God of War Director Discusses Humanizing Kratos

God of War Director Discusses Humanizing Kratos

Debuting back in 2005, the God of War games have been some of the biggest gaming successes of the 21st Century. Delivering large-scale balanced action and compelling stories, the games have become a flagship franchise for the PlayStation brand and since its announcement back at E3 is 2016, the latest installment has enjoyed much positive buzz. Of course these games aren’t perfect, with lead character Kratos’s one-note personality often meeting criticism, but it looks as though that is going to change.

Speaking to GameSpot recently, creative director for the new God of WarCory Barlog, discusses the failure of the titles to create a layered human character with whom the audience can empathize and how the new game will attempt to give the character more emotional depth. Barlog believes that one way to help do this was to relocate the character to the realm of the Norse mythology and find some of the humanity that had been lost under the violence and gore of the Greek storyline.

“I didn’t really want to go and reboot to Greek mythology, I wanted to explore something else. I think giving him a new setting, a fresh start was important. Changing Kratos, or at least exposing a new side to him, making him more dimensional, kind of the archaeological uncovering of his humanity, to discover there is a human buried way deep inside, a human that was beat down…”


When looking at the series, moving away from Greek Mythology to find Kratos’s humanity does make sense. Most will recall that the series began with a more emotional and human Kratos attempting suicide, unable to deal with the loss of his family. Unfortunately as the series progressed and the scope of the games stories widened, Kratos’s humanity got left behind and the character became little more than a perpetually angry killing machine, with any other attempts to fix this aspect of the character ultimately falling flat. “There where a lot of balls I dropped,” Barlog discussed regarding Kratos’s humanity. “I tried maybe to go a little bit wider, I really wanted to have Kratos’s impact be felt all around throughout world”

Of course, a change in location isn’t enough to change Kratos and expose other sides of him. Barlog and the team at Santa Monica Studios believe that the key to this development lies with Atreus, his son introduced in the new title. As is shown in the video, Kratos must soften if he wishes to be a good father to his son and keep him from going down the same path as him. This use of the a child to expose previously unseen facets of a father figures’ personality are similar to the relationship between Joel and Ellie in The Last of Us. Both Joel and Kratos are hardened men, tormented by past trauma and only through the mentoring and love for a child, or surrogate child do more dimensions begin to emerge.

Barlog describes a moment seen in the E3 demo where the pair are seen hunting. Atreus makes a mistake and in the middle of yelling at his son, Kratos takes control of his anger to finish his thought calmly, but still with a bite. Barlog called this the “Aha writing moment” saying, “He isn’t going to know how to emote or be vulnerable or relate to his son so he isn’t going to say a lot” and that “There is some of the most human moments when Kratos is somewhat quiet.”
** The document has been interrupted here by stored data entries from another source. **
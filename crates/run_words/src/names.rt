//! The names of files on a command line.

ghost use Rattle.std.specs.Prelude.{◌≡◌, map, option_map, IfOk, string_bytes};
ghost use Rattle.run_words.specs.Names.{is_apart, is_dash, is_file, is_file_if_named, is_name};

use std::alloc::{AllocError, Global};

/// Whether a word stands for no file.
fn is_dash(text: &str) -> bool
    ensures { result ≡ is_dash text.now }
{
    text == "-"
}

/// Whether a word is a name, which may be `-`.
pub(crate) fn is_name(text: &str) -> bool
    ensures { result ≡ is_name text.now }
{
    text.len() > 0
}

/// Whether a word is the name of a file.
pub(crate) fn is_file(text: &str) -> bool
    ensures { result ≡ is_file text.now }
{
    if !is_name(text) {
        return false;
    }
    !is_dash(text)
}

/// Whether a word is the name of a file, where one is given.
pub(crate) fn is_file_if_named(text: Option<&str>) -> bool
    ensures { result ≡ is_file_if_named (option_map (λ s. s.now) text.entry) }
{
    match text {
        None => true,
        Some(name) => is_file(name),
    }
}

/// Whether a file that is written is none of the others of the line.
pub(crate) fn is_apart(text: Option<&str>, others: &[&str]) -> bool
    ensures { result ≡ is_apart (option_map (λ s. s.now) text.entry) (map (λ s. s.now) others.now) }
{
    match text {
        None => true,
        Some(name) => !others.contains(&name),
    }
}

/// A text of its own, where one is given.
pub(crate) fn owned(alloc: Global, text: Option<&str>) -> Result<Option<String>, AllocError>
    ensures { IfOk result (λ s. option_map string_bytes s ≡ option_map (λ s. s.now) text.entry) }
{
    match text {
        None => Ok(None),
        Some(text) => Ok(Some(String::from_str(alloc, text)?)),
    }
}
god of war epic cg trailer

On many levels, Atreus’s relationship with his Father goes even further than that, forcing Kratos to display humility and a willingness to learn and change. On a base level Kratos is a man in a new world, with customs and traditions unknown to him and he must at times listen to his son, as this is the only world Atreus has ever known and he knows it well. Of course this can be seen as a parallel for both characters’ relationship with humanity. Atreus is unaware of his father’s lineage and has grown up human, lived as a human, so it is through him that Kratos will learn how to be human again.

“He is this way to get Kratos to open up a little bit more but also he has as much to teach as Kratos does, in some ways more. He’s seeing the world as a human, he doesn’t understand gods, he understands what its like to be a human, its how he was raised and he’s able to help Kratos see that and pull a little of that out of him. So this little kid is teaching his demi-god dad what it means to be a human, while his dad is trying to teach him how not to make the mistakes that he made.”

With the game less than a month away fans won’t have to wait very long to see if Barlog and his team are successful in rehabilitating Kratos humanity. Still this level of thought and care being put into the development of the characters is a good sign for the series and its future, which looks to already be mapped out. All we really know for sure is that this entry in the franchise is shaping up to be an experience not to be missed.

God of War is set to release on April 20, 2018 for PlayStation 4.